According to PyTorch's documentation, scatter_add_ should be such that:

self, index and src should have same number of dimensions. It is also required that index.size(d) <= src.size(d) for all dimensions d, and that index.size(d) <= self.size(d) for all dimensions d != dim.

Using the simple example provided in your README and including some padding

# random output of an im2col operation
inputs = torch.randn(64, 3 * 2 * 2, 5 * 9)
output_size = (4, 8)

# other module hyperparameters
kernel_size = 2
dilation = 1
padding = 1
stride = 1

fold = FoldNd(
    output_size, kernel_size, dilation=dilation, padding=padding, stride=stride
)

, you'll see that the shapes are the following:

  • output: torch.Size([64, 3, 60])
  • index: torch.Size([64, 3, 180])
  • src: torch.Size([64, 3, 180])

This does not follow the requirements of scatter_add_ and hence trtexec raises the following error during conversion:

trtexec --onnx=fold.onnx --saveEngine=fold.trt
Assertion failed: indicesDims.d[i] <= dataDims.d[i] && "Indices dimensions must be less than data dimensions!

Solution

Instead of scatter_add_ing along the flattened kernel_size_numel * output_size_numel, I suggest to reshape index and src to (batch_size, n_channels, kernel_size_numel, -1) and applyscatteradd` in a loop by slicing trough the 3rd dimension first:

# Replicate indices over batch and channels, then scatter the patch values
# back to the padded image
input = input.reshape(batch_size, in_channels, kernel_size_numel, -1)
idx = idx.reshape(1, 1, -1).long().expand(batch_size, in_channels, -1)
idx = idx.reshape(batch_size, in_channels, kernel_size_numel, -1)

output = torch.zeros(
    batch_size,
    in_channels,
    padded_output_size_numel,
    device=device,
    dtype=input.dtype,
)

for k in range(kernel_size_numel):
    output.scatter_add_(2, idx[:, :, k, :], input[:, :, k, :])

output = output.reshape(batch_size, in_channels, *padded_output_size)

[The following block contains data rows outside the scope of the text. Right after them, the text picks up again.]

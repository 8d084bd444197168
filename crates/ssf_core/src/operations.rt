//! The operations of the service, in the order of the rules.

ghost use Rattle.std.specs.Prelude.{◌≡◌, ◌+◌, ◌≤◌, ℕ, List, Ok, Err, Some, None, IsSome};
ghost use Rattle.std.specs.Result.{result_unwrap_or};
ghost use Rattle.arrayvec.specs.ArrayVec.{array_vec_len};
ghost use Rattle.ssf_core.specs.Stages.{IsActiveTimely, IsSwitchTimely, IsTimelyStage, started};
ghost use Rattle.ssf_core.specs.Steps.{TakesInput};
ghost use Rattle.ssf_core.specs.Rules.{is_fitting};
ghost use Rattle.ssf_core.specs.declared.config.SsfConfig.{SsfConfig as Config};
ghost use Rattle.ssf_core.specs.declared.item.Out.{Out as Sent};
ghost use Rattle.ssf_core.specs.declared.ssf.Input.TheVariants as taken;

use crate::sending::{clear, proceed, send, send_last_report};
use crate::stage::{Active, Charging, Early, Stage, any_watched, armed, started};
use crate::{Item, Moment, Out, SsfConfig, SsfFault};
use arrayvec::ArrayVec;
use cap_values::{Arms, Cause, Charge, ScfOp};
use price_core::{DAY, HORIZON};

/// Takes an operation.
pub(crate) fn operate(
    config: &SsfConfig,
    stage: Stage,
    sent: &mut ArrayVec<Out, 8>,
    now: Moment,
    op: ScfOp,
) -> Result<Stage, SsfFault>
    requires moment { now ≤ HORIZON }
    requires room { array_vec_len sent.old ≤ 5 }
    requires timely { IsTimelyStage now stage }
    ensures takes { TakesInput config.now stage now (taken.Operate op) result
        sent.old.items sent.new.items }
    ensures timely { IsTimelyStage now (result_unwrap_or result stage) }
{
    match op {
        ScfOp::RequestReport(arms) => request_report(config, stage, now, &arms),
        ScfOp::ApplyCharging(charge) => apply_charging(config, stage, now, charge),
        ScfOp::Continue => resume(stage, sent, now),
        ScfOp::ReleaseCall(cause) => release_call(stage, sent, now, cause),
    }
}

/// RequestReport: modes set where not kept; Tssf starts anew where instructions are waited for.
fn request_report(
    config: &SsfConfig,
    stage: Stage,
    now: Moment,
    arms: &Arms,
) -> Result<Stage, SsfFault>
    requires moment { now ≤ HORIZON }
    requires timely { IsTimelyStage now stage }
    ensures takes { (sent : List Sent) → TakesInput config.now stage now
        (taken.Operate (ScfOp.RequestReport arms.now)) result sent sent }
    ensures timely { IsTimelyStage now (result_unwrap_or result stage) }
{
    match stage {
        Stage::Initial { mut early, .. } => {
            early.modes = armed(&early.modes, arms);
            Ok(Stage::Initial {
                early,
                due: now + u64::from(config.tssf),
            })
        }
        Stage::Early(mut early) => {
            early.modes = armed(&early.modes, arms);
            Ok(Stage::Early(early))
        }
        Stage::Active(mut active) => {
            active.modes = armed(&active.modes, arms);
            Ok(Stage::Active(active))
        }
        Stage::Down { .. } => Ok(Stage::Down {
            due: now + u64::from(config.tssf),
        }),
        Stage::Unused | Stage::Requested | Stage::Ended => Err(
            SsfFault::UnexpectedComponentSequence,
        ),
    }
}

/// ApplyCharging: a first period before the answer, a further one after it.
fn apply_charging(
    config: &SsfConfig,
    stage: Stage,
    now: Moment,
    charge: Charge,
) -> Result<Stage, SsfFault>
    requires moment { now ≤ HORIZON }
    requires timely { IsTimelyStage now stage }
    ensures takes { (sent : List Sent) → TakesInput config.now stage now
        (taken.Operate (ScfOp.ApplyCharging charge)) result sent sent }
    ensures timely { IsTimelyStage now (result_unwrap_or result stage) }
{
    match stage {
        Stage::Initial { early, .. } => Ok(Stage::Initial {
            early: charge_early(early, now, charge)?,
            due: now + u64::from(config.tssf),
        }),
        Stage::Early(early) => Ok(Stage::Early(charge_early(early, now, charge)?)),
        Stage::Active(active) => charge_active(active, now, charge),
        Stage::Unused | Stage::Requested | Stage::Down { .. } | Stage::Ended => {
            Err(SsfFault::UnexpectedComponentSequence)
        }
    }
}

/// A first period, where none is pending.
fn charge_early(early: Early, now: Moment, charge: Charge) -> Result<Early, SsfFault>
    requires { now ≤ HORIZON }
    ensures pending { IsSome early.charge → result ≡ Err SsfFault.UnexpectedComponentSequence }
    ensures charged { early.charge ≡ None → result ≡ Ok (record early {
      charge = Some charge;
      switch = started early.switch now charge.switch;
    }) }
{
    match early.charge {
        None => Ok(Early {
            modes: early.modes,
            charge: Some(charge),
            switch: started(early.switch, now, charge.switch),
        }),
        Some(_) => Err(SsfFault::UnexpectedComponentSequence),
    }
}

/// A further period, while Tccd runs: it begins where the last one ended.
fn charge_active(active: Active, now: Moment, charge: Charge) -> Result<Stage, SsfFault>
    requires moment { now ≤ HORIZON }
    requires timely { IsActiveTimely now active }
    ensures takes { (config : Config) (sent : List Sent) → TakesInput config (Stage.Active active)
        now (taken.Operate (ScfOp.ApplyCharging charge)) result sent sent }
    ensures timely { IsTimelyStage now (result_unwrap_or result (Stage.Active active)) }
{
    let Charging::Over { .. } = active.charging else {
        return Err(SsfFault::UnexpectedComponentSequence);
    };
    if !fits(&active, now, charge.period) {
        return Err(SsfFault::ParameterOutOfRange);
    }
    Ok(Stage::Active(Active {
        modes: active.modes,
        answered: active.answered,
        granted: active.granted + charge.period,
        charging: Charging::Running {
            release: charge.release,
        },
        switch: started(active.switch, now, charge.switch),
    }))
}

/// Whether a further period keeps within a day in all and ends in the future.
fn fits(active: &Active, now: Moment, period: u32) -> bool
    requires answered { active.now.answered ≤ HORIZON }
    requires granted { active.now.granted ≤ DAY }
    requires period { period ≤ DAY }
    ensures { result ≡ is_fitting active.now.answered active.now.granted period now }
{
    let total = active.granted + period;
    total <= DAY && now < active.answered + u64::from(total)
}

/// Continue: the call proceeds, monitored where a point is watched or a period is pending.
fn resume(stage: Stage, sent: &mut ArrayVec<Out, 8>, now: Moment) -> Result<Stage, SsfFault>
    requires room { array_vec_len sent.old ≤ 5 }
    requires timely { IsTimelyStage now stage }
    ensures takes { (config : Config) → TakesInput config stage now
        (taken.Operate ScfOp.Continue) result sent.old.items sent.new.items }
    ensures timely { IsTimelyStage now (result_unwrap_or result stage) }
{
    match stage {
        Stage::Initial { early, .. } => Ok(go_on(early, sent, now)),
        Stage::Down { .. } => Ok(proceed(sent, now)),
        Stage::Unused | Stage::Requested | Stage::Early(_) | Stage::Active(_) | Stage::Ended => {
            Err(SsfFault::UnexpectedComponentSequence)
        }
    }
}

/// Lets a call go on for the first time: it is monitored where there is something to monitor.
fn go_on(early: Early, sent: &mut ArrayVec<Out, 8>, now: Moment) -> Stage
    requires room { array_vec_len sent.old ≤ 5 }
    requires timely { IsSwitchTimely now early.switch }
    ensures takes { (config : Config) (due : ℕ) → TakesInput config (Stage.Initial early due) now
        (taken.Operate ScfOp.Continue) (Ok result) sent.old.items sent.new.items }
    ensures timely { IsTimelyStage now result }
{
    if any_watched(&early.modes) || early.charge.is_some() {
        send(sent, now, Item::Proceed);
        return Stage::Early(early);
    }
    proceed(sent, now)
}

/// ReleaseCall: after the answer with a last report.
fn release_call(
    stage: Stage,
    sent: &mut ArrayVec<Out, 8>,
    now: Moment,
    cause: Cause,
) -> Result<Stage, SsfFault>
    requires room { array_vec_len sent.old ≤ 5 }
    requires timely { IsTimelyStage now stage }
    ensures takes { (config : Config) → TakesInput config stage now
        (taken.Operate (ScfOp.ReleaseCall cause)) result sent.old.items sent.new.items }
    ensures timely { IsTimelyStage now (result_unwrap_or result stage) }
{
    match stage {
        Stage::Initial { .. } | Stage::Early(_) | Stage::Down { .. } => Ok(clear(sent, now, cause)),
        Stage::Active(active) => {
            send_last_report(sent, now, &active);
            Ok(clear(sent, now, cause))
        }
        Stage::Unused | Stage::Requested | Stage::Ended => Err(
            SsfFault::UnexpectedComponentSequence,
        ),
    }
}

I checked that this solution produces correct results for various configurations. Additionally, trtexec successfully converts FoldNd to TensorRT.

Environment

  • PyTorch 2.1.1+cu121
  • tensorrt 8.6.1.6-1+cuda12.0

ionnx convert to tensorrt success,but the rusult is wrong , i find in output.scatteradd(2, idx[:, :, k, :], input[:, :, k, :]) "scatteradd" not work in tensorRT , no error ,do you know why?

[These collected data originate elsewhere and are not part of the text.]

//! The events of the call, in the order of the rules.

ghost use Rattle.std.specs.Prelude.{◌≡◌, ◌++◌, ◌≤◌, ◌∷◌, ℕ, List, None};
ghost use Rattle.std.specs.Result.{result_unwrap_or};
ghost use Rattle.arrayvec.specs.ArrayVec.{array_vec_len};
ghost use Rattle.ssf_core.specs.Happenings.{Happening, Took, sent_at};
ghost use Rattle.ssf_core.specs.Quantities.{mode_at};
ghost use Rattle.ssf_core.specs.Stages.{IsActiveTimely, IsSwitchTimely, IsTimelyStage, tccd_due_of};
ghost use Rattle.ssf_core.specs.Stands.{ActiveMatches, EarlyMatches, StageMatches, period_of, ssf_phase_of, release_of, running_period};
ghost use Rattle.ssf_core.specs.Steps.{IsTakenInput, TakesInput};
ghost use Rattle.ssf_core.specs.Rules.{ends, notified, on_failure};
ghost use Rattle.ssf_core.specs.declared.config.SsfConfig.{SsfConfig as Config};
ghost use Rattle.ssf_core.specs.declared.item.Item.{Item};
ghost use Rattle.ssf_core.specs.declared.ssf.Input.{Input};
ghost use Rattle.ssf_core.specs.declared.ssf.Input.TheVariants as taken;
ghost use Rattle.cap_values.specs.declared.event.Event.TheVariants as event;

use crate::sending::{by_mode, end, notify, send_last_report};
use crate::stage::{Active, Charging, Early, Stage, mode_of};
use crate::{BcsmEvent, Moment, Out, SsfConfig, SsfFault};
use arrayvec::ArrayVec;
use cap_values::{Charge, Event, Leg, Mode, Point};
use price_core::{DAY, HORIZON};

/// Takes an event.
pub(crate) fn meet(
    config: &SsfConfig,
    stage: Stage,
    sent: &mut ArrayVec<Out, 8>,
    now: Moment,
    event: BcsmEvent,
) -> Result<Stage, SsfFault>
    requires moment { now ≤ HORIZON }
    requires room { array_vec_len sent.old ≤ 5 }
    requires timely { IsTimelyStage now stage }
    ensures takes { TakesInput config.now stage now (taken.Meet event) result
        sent.old.items sent.new.items }
    ensures timely { IsTimelyStage now (result_unwrap_or result stage) }
{
    match event {
        BcsmEvent::RouteSelectFailure => {
            fail(
                config,
                stage,
                sent,
                now,
                Event::RouteSelectFailure,
                Point::RouteSelectFailure,
            )
        }
        BcsmEvent::Busy => {
            fail(
                config,
                stage,
                sent,
                now,
                Event::CalledPartyBusy,
                Point::CalledPartyBusy,
            )
        }
        BcsmEvent::NoAnswer => fail(config, stage, sent, now, Event::NoAnswer, Point::NoAnswer),
        BcsmEvent::Answer => activate(stage, sent, now),
        BcsmEvent::Disconnect(leg) => disconnect(config, stage, sent, now, leg),
        BcsmEvent::Abandon => abandon(stage, sent, now),
    }
}

/// Answer: the call is active; reported where its mode is NotifyAndContinue.
fn activate(stage: Stage, sent: &mut ArrayVec<Out, 8>, now: Moment) -> Result<Stage, SsfFault>
    requires room { array_vec_len sent.old ≤ 5 }
    requires timely { IsTimelyStage now stage }
    ensures takes { (config : Config) → TakesInput config stage now
        (taken.Meet BcsmEvent.Answer) result sent.old.items sent.new.items }
    ensures timely { IsTimelyStage now (result_unwrap_or result stage) }
{
    let Stage::Early(early) = stage else {
        return Err(SsfFault::NoSuchEvent);
    };
    notify(
        sent,
        now,
        Event::Answer,
        mode_of(&early.modes, Point::Answer),
    );
    Ok(Stage::Active(answered(early, now)))
}

/// What an answered call keeps: its answer, and the period that was ordered for it, which now runs.
fn answered(early: Early, now: Moment) -> Active
    requires { IsSwitchTimely now early.switch }
    ensures matches { (tccd : ℕ) (t : List Happening) (items : List Item) → EarlyMatches early t
        → ActiveMatches tccd result
        (record { at = now; what = Took (taken.Meet BcsmEvent.Answer); sent = items } ∷ t) }
    ensures timely { IsActiveTimely now result }
{
    Active {
        modes: early.modes,
        answered: now,
        granted: period_of(early.charge),
        charging: charging_of(early.charge),
        switch: early.switch,
    }
}

/// The units of a period, none where none was ordered.
fn period_of(charge: Option<Charge>) -> u32
    ensures units { result ≡ period_of charge }
    ensures within_day { result ≤ DAY }
{
    match charge {
        Some(charge) => charge.period,
        None => 0,
    }
}

/// The charging of a call that is answered: the period that was ordered runs, if there is one.
fn charging_of(charge: Option<Charge>) -> Charging
    ensures wish { running_period result ≡ release_of charge }
    ensures no_wait { tccd_due_of result ≡ None }
{
    match charge {
        Some(charge) => Charging::Running {
            release: charge.release,
        },
        None => Charging::Off,
    }
}

/// RouteSelectFailure, Busy, NoAnswer: by mode.
fn fail(
    config: &SsfConfig,
    stage: Stage,
    sent: &mut ArrayVec<Out, 8>,
    now: Moment,
    event: Event,
    point: Point,
) -> Result<Stage, SsfFault>
    requires moment { now ≤ HORIZON }
    requires room { array_vec_len sent.old ≤ 5 }
    requires timely { IsTimelyStage now stage }
    ensures takes { (t : List Happening) (input : Input) → StageMatches config.now stage t
        → IsTakenInput config.now t now input (on_failure event (mode_at t point)
        (ssf_phase_of stage))
        result sent.old.items sent.new.items }
    ensures timely { IsTimelyStage now (result_unwrap_or result stage) }
{
    let Stage::Early(early) = stage else {
        return Err(SsfFault::NoSuchEvent);
    };
    Ok(by_mode(config, sent, now, event, None, mode_of(&early.modes, point)))
}

/// Abandon: reported where its mode is NotifyAndContinue; ends.
fn abandon(stage: Stage, sent: &mut ArrayVec<Out, 8>, now: Moment) -> Result<Stage, SsfFault>
    requires room { array_vec_len sent.old ≤ 5 }
    requires timely { IsTimelyStage now stage }
    ensures takes { (config : Config) → TakesInput config stage now
        (taken.Meet BcsmEvent.Abandon) result sent.old.items sent.new.items }
    ensures timely { IsTimelyStage now (result_unwrap_or result stage) }
{
    match stage {
        Stage::Initial { early, .. } => Ok(give_up(
            sent,
            now,
            mode_of(&early.modes, Point::Abandon),
        )),
        Stage::Early(early) => Ok(give_up(sent, now, mode_of(&early.modes, Point::Abandon))),
        Stage::Unused | Stage::Requested | Stage::Active(_) | Stage::Down { .. } | Stage::Ended => {
            Err(SsfFault::NoSuchEvent)
        }
    }
}

/// Ends a call that is abandoned, and reports it by mode.
fn give_up(sent: &mut ArrayVec<Out, 8>, now: Moment, mode: Mode) -> Stage
    requires { array_vec_len sent.old ≤ 5 }
    ensures stage { result ≡ Stage.Ended }
    ensures items { sent.new.items ≡ sent.old.items
        ++ sent_at now (ends (notified event.Abandon mode)).sent }
{
    notify(sent, now, Event::Abandon, mode);
    end(sent, now)
}

/// Disconnect: with a last report, then by the mode of that leg's point.
fn disconnect(
    config: &SsfConfig,
    stage: Stage,
    sent: &mut ArrayVec<Out, 8>,
    now: Moment,
    leg: Leg,
) -> Result<Stage, SsfFault>
    requires moment { now ≤ HORIZON }
    requires room { array_vec_len sent.old ≤ 5 }
    requires timely { IsTimelyStage now stage }
    ensures takes { TakesInput config.now stage now (taken.Meet (BcsmEvent.Disconnect leg)) result
        sent.old.items sent.new.items }
    ensures timely { IsTimelyStage now (result_unwrap_or result stage) }
{
    let Stage::Active(active) = stage else {
        return Err(SsfFault::NoSuchEvent);
    };
    send_last_report(sent, now, &active);
    let mode = mode_of(&active.modes, Point::Disconnect(leg));
    Ok(by_mode(config, sent, now, Event::Disconnect, Some(leg), mode))
}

f-dangel commented 5 months ago

Hi, I did not fully through your last message. Did you apply the suggested fix but it did not lead to the correct result? Could you clarify?

Liupei1101 commented 5 months ago

scatteradd

I have investigated that tensorRT does not support scatteradd, so after converting the model, scatteradd is executed as the scatter assignment operation scatteradd does not work.